# Visual Age for Java



## Gast (2. Jan 2006)

Hallo zusammen,

ich mache ein Schulprojekt und bräuchte für die Appleterstellung das Visual Age for Java. Das Programm gibt es ja eigentlich nicht mehr(wird euch bestimmt bekannt sein). Ich habe Unterlagen, wo dieses Programm anhand von einigen Beispielen recht gut erklärt ist. Da ich auch noch nicht allzuviel mit Java zu tun gehabt habe würde ich gerne dieses Programm benutzen.

Ich habe auf einigen Internetseiten Links zu IBM bekommen, wo man dieses Programm als freie Version downloaden könne. Leider funktionieren diese Links nicht mehr und auch über die Suche auf der IBM Homepage und über die Hotline ist nichts zu machen.

Vielleicht hat jemand von Euch noch dieses Programm in der Entry Edition (freie Version) oder nen funktionieren Link wo ich das Visual Age for Java herbekomme. Oder vielleicht eine einfache Programmalternative.

Ich wäre Euch sehr dankbar!

Viele Grüße

Martin


----------



## L-ectron-X (2. Jan 2006)

*verschoben*

Visual Age for Java ist nicht mehr verfügbar.
Alternativen gibts genug. Schau dazu mal hier im IDEs und Tools-Bereich, oder benutze die Forumsuche.
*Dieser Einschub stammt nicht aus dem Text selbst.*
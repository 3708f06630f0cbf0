// Made from docs/commands.json by docs/make_reference.py: the cells, the rows, the pairs of forms and the heads.
// The check refuses a number that is not as specs/Table.antt has it.
use crate::{ACTION, KINDS, PAIRS};

// The fields' numbers, named by their places: B2_7_4 is byte 2, bits 7 to 4; W2_3 is bytes 2 and 3; L3_10 is bytes 3 to 10, low byte first.
// C stands for B or W where the argument is a code: an enum's, or a yes or no. _SF, _PBL, _CRC, _CAD, _BW: one of that list of codes;
// _TO9: nothing above 9; _CUT3: narrowed to 3 bits.
// In hex: the first byte; 8 for the low byte first, plus the low bit; two digits for the narrowed width; the bits that the plain
// builder has more; 8 for a code, plus three digits for what is taken.
const C2_0: u32 = 0x2001_0800;

const B2_1_0: u32 = 0x2002_0000;

const C2_1_0: u32 = 0x2002_0800;

const C2_1_0_TO2: u32 = 0x2002_0802;

const B2_2_0: u32 = 0x2003_0000;

const B2_3_0: u32 = 0x2004_0000;

const C2_3_0: u32 = 0x2004_0800;

const C2_3_0_TO4: u32 = 0x2004_0804;

const B2_4_0: u32 = 0x2005_0000;

const W2: u32 = 0x2008_0000;

const W2_3_CUT12: u32 = 0x200C_4000;

const W2_3: u32 = 0x2010_0000;

const W2_4: u32 = 0x2018_0000;

const W2_5: u32 = 0x2020_0000;

const W2_9: u32 = 0x2040_0000;

const B2_5_2: u32 = 0x2204_0000;

const C2_4: u32 = 0x2401_0800;

const C2_5_4_TO2: u32 = 0x2402_0802;

const B2_7_4_CUT3: u32 = 0x2403_1000;

const C2_7_4_TO8: u32 = 0x2404_0808;

const C2_7_4_SF: u32 = 0x2404_0900;

const B2_7_6: u32 = 0x2602_0000;

const C2_7_6_TO2: u32 = 0x2602_0802;

const C2_7: u32 = 0x2701_0800;

const C3_0: u32 = 0x3001_0800;

const C3_1_0_TO1: u32 = 0x3002_0801;

const C3_2_0: u32 = 0x3003_0800;

const B3_3_0: u32 = 0x3004_0000;

const B3_4_0: u32 = 0x3005_0000;

const W3: u32 = 0x3008_0000;

const W3_4: u32 = 0x3010_0000;

const W3_5: u32 = 0x3018_0000;

const C3_3_2: u32 = 0x3202_0800;

const C3_4: u32 = 0x3401_0800;

const C3_7_4_TO9: u32 = 0x3404_0809;

const L3_10: u32 = 0x3840_0000;

const B4_4_0: u32 = 0x4005_0000;

const W4: u32 = 0x4008_0000;

const C4_PBL: u32 = 0x4008_0901;

const C4_CAD: u32 = 0x4008_0903;

const C5_0: u32 = 0x5001_0800;

const C5_1_0: u32 = 0x5002_0800;

const B5_4_0: u32 = 0x5005_0000;

const W5: u32 = 0x5008_0000;

const W5_7: u32 = 0x5018_0000;

const C5_1: u32 = 0x5101_0800;

const C5_2: u32 = 0x5201_0800;

const C5_3_2_TO2: u32 = 0x5202_0802;

const C5_4_CUT0: u32 = 0x5400_1800;

const C5_4: u32 = 0x5401_0800;

const C6_1_0_TO2: u32 = 0x6002_0802;

const C6_3_0: u32 = 0x6004_0800;

const B6_4_0: u32 = 0x6005_0000;

const W6_7: u32 = 0x6010_0000;

const W6_9: u32 = 0x6020_0000;

const B7_4_0: u32 = 0x7005_0000;

const C7_BW: u32 = 0x7008_0904;

const W7_9: u32 = 0x7018_0000;

const C8_0: u32 = 0x8001_0800;

const B8_2_0: u32 = 0x8003_0000;

const B8_6_0: u32 = 0x8007_0000;

const W8: u32 = 0x8008_0000;

const W8_10: u32 = 0x8018_0000;

const C8_4: u32 = 0x8401_0800;

const C8_7_4_CRC: u32 = 0x8404_0902;

const B9_3_0: u32 = 0x9004_0000;

const B9_7_4: u32 = 0x9404_0000;

const B10_6_0_TO64: u32 = 0xA007_0040;

const W10: u32 = 0xA008_0000;

const C10_7: u32 = 0xA701_0800;

const W11: u32 = 0xB008_0000;

// ROW_k is kind k: opcode, length, slot, number of fields, and the fields in the Rust's argument order.
pub const ROW_1: [u32; 13] = [
    0x0220, 4, 0, 5, C2_7_4_SF, C2_3_0, C3_7_4_TO9, C3_1_0_TO1, C3_3_2, 0, 0, 0, 0,
];

pub const ROW_2: [u32; 13] = [0x0221, 6, 1, 5, W2_3, W4, C5_2, C5_1, C5_0, 0, 0, 0, 0];

pub const ROW_3: [u32; 13] = [0x0222, 4, 2, 2, W2, C3_0, 0, 0, 0, 0, 0, 0, 0];

pub const ROW_4: [u32; 13] = [0x0223, 3, 3, 1, W2, 0, 0, 0, 0, 0, 0, 0, 0];

pub const ROW_5: [u32; 13] = [0x0226, 8, 4, 4, C2_7, B2_2_0, W3_4, W5_7, 0, 0, 0, 0, 0];

pub const ROW_6: [u32; 13] = [
    0x0226, 12, 5, 9, C2_7, B2_2_0, W3_4, W5_7, B8_6_0, B9_7_4, B9_3_0, W10, W11,
];

pub const ROW_7: [u32; 13] = [0x0227, 9, 6, 6, W2, C3_4, B3_3_0, C4_CAD, W5_7, W8, 0, 0, 0];

pub const ROW_8: [u32; 13] = [0x0228, 2, ACTION, 0, 0, 0, 0, 0, 0, 0, 0, 0, 0];

pub const ROW_9: [u32; 13] = [0x0229, 2, ACTION, 0, 0, 0, 0, 0, 0, 0, 0, 0, 0];

pub const ROW_10: [u32; 13] = [0x022A, 2, ACTION, 0, 0, 0, 0, 0, 0, 0, 0, 0, 0];

pub const ROW_11: [u32; 13] = [
    0x022B, 11, 7, 3, C2_7_4_TO8, B2_3_0, L3_10, 0, 0, 0, 0, 0, 0,
];

pub const ROW_12: [u32; 13] = [0x022D, 4, 8, 2, B2_4_0, B3_4_0, 0, 0, 0, 0, 0, 0, 0];

pub const ROW_13: [u32; 13] = [
    0x022E, 8, 9, 6, B2_4_0, B3_4_0, B4_4_0, B5_4_0, B6_4_0, B7_4_0, 0, 0, 0,
];

pub const ROW_14: [u32; 13] = [0x021D, 3, 10, 2, C2_7_6_TO2, B2_3_0, 0, 0, 0, 0, 0, 0, 0];

pub const ROW_15: [u32; 13] = [
    0x021D, 4, 11, 5, B2_7_6, B2_5_2, B2_1_0, C3_4, B3_3_0, 0, 0, 0, 0,
];

pub const ROW_16: [u32; 13] = [0x0240, 11, 12, 4, W2_5, C6_3_0, C7_BW, W8_10, 0, 0, 0, 0, 0];

pub const ROW_17: [u32; 13] = [
    0x0241, 9, 13, 9, W2_3, C4_PBL, C5_4, C5_4_CUT0, C5_3_2_TO2, C5_1_0, W6_7, C8_7_4_CRC, C8_0,
];

pub const ROW_18: [u32; 13] = [0x0242, 4, 14, 2, C2_4, W2_3_CUT12, 0, 0, 0, 0, 0, 0, 0];

pub const ROW_19: [u32; 13] = [0x0243, 10, 15, 2, W2_5, W6_9, 0, 0, 0, 0, 0, 0, 0];

pub const ROW_20: [u32; 13] = [
    0x0244,
    11,
    16,
    3,
    W2_9,
    C10_7,
    B10_6_0_TO64,
    0,
    0,
    0,
    0,
    0,
    0,
];

pub const ROW_21: [u32; 13] = [0x0245, 4, 17, 2, W2, W3, 0, 0, 0, 0, 0, 0, 0];

pub const ROW_22: [u32; 13] = [0x0246, 2, ACTION, 0, 0, 0, 0, 0, 0, 0, 0, 0, 0];

pub const ROW_23: [u32; 13] = [0x0247, 2, ACTION, 0, 0, 0, 0, 0, 0, 0, 0, 0, 0];

pub const ROW_24: [u32; 13] = [0x0200, 6, 18, 1, W2_5, 0, 0, 0, 0, 0, 0, 0, 0];

pub const ROW_25: [u32; 13] = [0x0201, 3, 19, 1, C2_0, 0, 0, 0, 0, 0, 0, 0, 0];

pub const ROW_26: [u32; 13] = [0x0201, 4, 20, 2, C2_0, C3_2_0, 0, 0, 0, 0, 0, 0, 0];

pub const ROW_27: [u32; 13] = [
    0x0202,
    4,
    21,
    4,
    C2_7,
    C2_1_0,
    B2_7_4_CUT3,
    B3_3_0,
    0,
    0,
    0,
    0,
    0,
];

pub const ROW_28: [u32; 13] = [
    0x0202,
    5,
    22,
    5,
    C2_7,
    C2_1_0,
    B2_7_4_CUT3,
    B3_3_0,
    B4_4_0,
    0,
    0,
    0,
    0,
];

pub const ROW_29: [u32; 13] = [0x020C, 5, ACTION, 1, W2_4, 0, 0, 0, 0, 0, 0, 0, 0];

pub const ROW_30: [u32; 13] = [0x020D, 5, ACTION, 1, W2_4, 0, 0, 0, 0, 0, 0, 0, 0];

pub const ROW_31: [u32; 13] = [0x020F, 3, 23, 1, C2_0, 0, 0, 0, 0, 0, 0, 0, 0];

pub const ROW_32: [u32; 13] = [
    0x0210, 9, ACTION, 4, W2_4, W5_7, C8_4, B8_2_0, 0, 0, 0, 0, 0,
];

pub const ROW_33: [u32; 13] = [
    0x0211, 10, 24, 4, C2_7, C2_1_0_TO2, W3_5, W6_9, 0, 0, 0, 0, 0,
];

pub const ROW_34: [u32; 13] = [0x0215, 8, 25, 2, W2_4, W5_7, 0, 0, 0, 0, 0, 0, 0];

pub const ROW_35: [u32; 13] = [
    0x0216, 3, 26, 2, C2_5_4_TO2, C2_3_0_TO4, 0, 0, 0, 0, 0, 0, 0,
];

pub const ROW_36: [u32; 13] = [0x0218, 5, ACTION, 1, W2_4, 0, 0, 0, 0, 0, 0, 0, 0];

pub const ROW_37: [u32; 13] = [0x0218, 6, ACTION, 2, W2_4, W5, 0, 0, 0, 0, 0, 0, 0];

pub const ROW_38: [u32; 13] = [0x021A, 3, 27, 1, B2_3_0, 0, 0, 0, 0, 0, 0, 0, 0];

pub const ROW_39: [u32; 13] = [0x021B, 10, 28, 4, W2_4, W5, C6_1_0_TO2, W7_9, 0, 0, 0, 0, 0];

pub const TABLE: [[u32; 13]; KINDS as usize] = [
    ROW_1, ROW_2, ROW_3, ROW_4, ROW_5, ROW_6, ROW_7, ROW_8, ROW_9, ROW_10, ROW_11, ROW_12, ROW_13,
    ROW_14, ROW_15, ROW_16, ROW_17, ROW_18, ROW_19, ROW_20, ROW_21, ROW_22, ROW_23, ROW_24, ROW_25,
    ROW_26, ROW_27, ROW_28, ROW_29, ROW_30, ROW_31, ROW_32, ROW_33, ROW_34, ROW_35, ROW_36, ROW_37,
    ROW_38, ROW_39,
];

// The kinds that are one setting in two lengths, the shorter form first.
pub const FORMS: [[u64; 2]; PAIRS] = [[5, 6], [25, 26], [27, 28]];

// HEAD_k is what the code wants of row k beside its fields (specs/Heads.antt). In hex: two digits for the row's place, two for the
// slot, the number of fields, the length, and the length of the next row where that has the same opcode.
pub const HEAD_1: u32 = 0x0000_0000 + ROW_1[2] * 0x1000 + ROW_1[3] * 0x100 + ROW_1[1] * 0x10;

pub const HEAD_2: u32 = 0x0010_0000 + ROW_2[2] * 0x1000 + ROW_2[3] * 0x100 + ROW_2[1] * 0x10;

pub const HEAD_3: u32 = 0x0020_0000 + ROW_3[2] * 0x1000 + ROW_3[3] * 0x100 + ROW_3[1] * 0x10;

pub const HEAD_4: u32 = 0x0030_0000 + ROW_4[2] * 0x1000 + ROW_4[3] * 0x100 + ROW_4[1] * 0x10;

pub const HEAD_5: u32 = 0x0040_0000
    + ROW_5[2] * 0x1000
    + ROW_5[3] * 0x100
    + ROW_5[1] * 0x10
    + ROW_6[1];

pub const HEAD_6: u32 = 0x0050_0000 + ROW_6[2] * 0x1000 + ROW_6[3] * 0x100 + ROW_6[1] * 0x10;

pub const HEAD_7: u32 = 0x0060_0000 + ROW_7[2] * 0x1000 + ROW_7[3] * 0x100 + ROW_7[1] * 0x10;

pub const HEAD_8: u32 = 0x0070_0000 + ROW_8[2] * 0x1000 + ROW_8[3] * 0x100 + ROW_8[1] * 0x10;

pub const HEAD_9: u32 = 0x0080_0000 + ROW_9[2] * 0x1000 + ROW_9[3] * 0x100 + ROW_9[1] * 0x10;

pub const HEAD_10: u32 = 0x0090_0000 + ROW_10[2] * 0x1000 + ROW_10[3] * 0x100 + ROW_10[1] * 0x10;

pub const HEAD_11: u32 = 0x00A0_0000 + ROW_11[2] * 0x1000 + ROW_11[3] * 0x100 + ROW_11[1] * 0x10;

pub const HEAD_12: u32 = 0x00B0_0000 + ROW_12[2] * 0x1000 + ROW_12[3] * 0x100 + ROW_12[1] * 0x10;

pub const HEAD_13: u32 = 0x00C0_0000 + ROW_13[2] * 0x1000 + ROW_13[3] * 0x100 + ROW_13[1] * 0x10;

pub const HEAD_14: u32 = 0x00D0_0000
    + ROW_14[2] * 0x1000
    + ROW_14[3] * 0x100
    + ROW_14[1] * 0x10
    + ROW_15[1];

pub const HEAD_15: u32 = 0x00E0_0000 + ROW_15[2] * 0x1000 + ROW_15[3] * 0x100 + ROW_15[1] * 0x10;

pub const HEAD_16: u32 = 0x00F0_0000 + ROW_16[2] * 0x1000 + ROW_16[3] * 0x100 + ROW_16[1] * 0x10;

pub const HEAD_17: u32 = 0x0100_0000 + ROW_17[2] * 0x1000 + ROW_17[3] * 0x100 + ROW_17[1] * 0x10;

pub const HEAD_18: u32 = 0x0110_0000 + ROW_18[2] * 0x1000 + ROW_18[3] * 0x100 + ROW_18[1] * 0x10;

pub const HEAD_19: u32 = 0x0120_0000 + ROW_19[2] * 0x1000 + ROW_19[3] * 0x100 + ROW_19[1] * 0x10;

pub const HEAD_20: u32 = 0x0130_0000 + ROW_20[2] * 0x1000 + ROW_20[3] * 0x100 + ROW_20[1] * 0x10;

pub const HEAD_21: u32 = 0x0140_0000 + ROW_21[2] * 0x1000 + ROW_21[3] * 0x100 + ROW_21[1] * 0x10;

pub const HEAD_22: u32 = 0x0150_0000 + ROW_22[2] * 0x1000 + ROW_22[3] * 0x100 + ROW_22[1] * 0x10;

pub const HEAD_23: u32 = 0x0160_0000 + ROW_23[2] * 0x1000 + ROW_23[3] * 0x100 + ROW_23[1] * 0x10;

pub const HEAD_24: u32 = 0x0170_0000 + ROW_24[2] * 0x1000 + ROW_24[3] * 0x100 + ROW_24[1] * 0x10;

pub const HEAD_25: u32 = 0x0180_0000
    + ROW_25[2] * 0x1000
    + ROW_25[3] * 0x100
    + ROW_25[1] * 0x10
    + ROW_26[1];

pub const HEAD_26: u32 = 0x0190_0000 + ROW_26[2] * 0x1000 + ROW_26[3] * 0x100 + ROW_26[1] * 0x10;

pub const HEAD_27: u32 = 0x01A0_0000
    + ROW_27[2] * 0x1000
    + ROW_27[3] * 0x100
    + ROW_27[1] * 0x10
    + ROW_28[1];

pub const HEAD_28: u32 = 0x01B0_0000 + ROW_28[2] * 0x1000 + ROW_28[3] * 0x100 + ROW_28[1] * 0x10;

pub const HEAD_29: u32 = 0x01C0_0000 + ROW_29[2] * 0x1000 + ROW_29[3] * 0x100 + ROW_29[1] * 0x10;

pub const HEAD_30: u32 = 0x01D0_0000 + ROW_30[2] * 0x1000 + ROW_30[3] * 0x100 + ROW_30[1] * 0x10;

pub const HEAD_31: u32 = 0x01E0_0000 + ROW_31[2] * 0x1000 + ROW_31[3] * 0x100 + ROW_31[1] * 0x10;

pub const HEAD_32: u32 = 0x01F0_0000 + ROW_32[2] * 0x1000 + ROW_32[3] * 0x100 + ROW_32[1] * 0x10;

pub const HEAD_33: u32 = 0x0200_0000 + ROW_33[2] * 0x1000 + ROW_33[3] * 0x100 + ROW_33[1] * 0x10;

pub const HEAD_34: u32 = 0x0210_0000 + ROW_34[2] * 0x1000 + ROW_34[3] * 0x100 + ROW_34[1] * 0x10;

pub const HEAD_35: u32 = 0x0220_0000 + ROW_35[2] * 0x1000 + ROW_35[3] * 0x100 + ROW_35[1] * 0x10;

pub const HEAD_36: u32 = 0x0230_0000
    + ROW_36[2] * 0x1000
    + ROW_36[3] * 0x100
    + ROW_36[1] * 0x10
    + ROW_37[1];

pub const HEAD_37: u32 = 0x0240_0000 + ROW_37[2] * 0x1000 + ROW_37[3] * 0x100 + ROW_37[1] * 0x10;

pub const HEAD_38: u32 = 0x0250_0000 + ROW_38[2] * 0x1000 + ROW_38[3] * 0x100 + ROW_38[1] * 0x10;

pub const HEAD_39: u32 = 0x0260_0000 + ROW_39[2] * 0x1000 + ROW_39[3] * 0x100 + ROW_39[1] * 0x10;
http://www.java-forum.org/de/viewtopic.php?t=11
http://www.java-forum.org/de/viewtopic.php?t=15089


----------



## Bleiglanz (3. Jan 2006)

könnte sein dass ich das Ding noch irgendwo auf CD habe, aber es lohnt sich überhaupt nicht mit der Leiche anzufangen zu lernen

vor allem weil das bei Java 1.2 oder 1.3 stehen geblieben ist


----------



## martin12 (3. Jan 2006)

Hallo,

vielen Dank für Eure Antworten!

@Bleiglanz:

Hab dir ne PN geschickt.

Viele Grüße

Martin


----------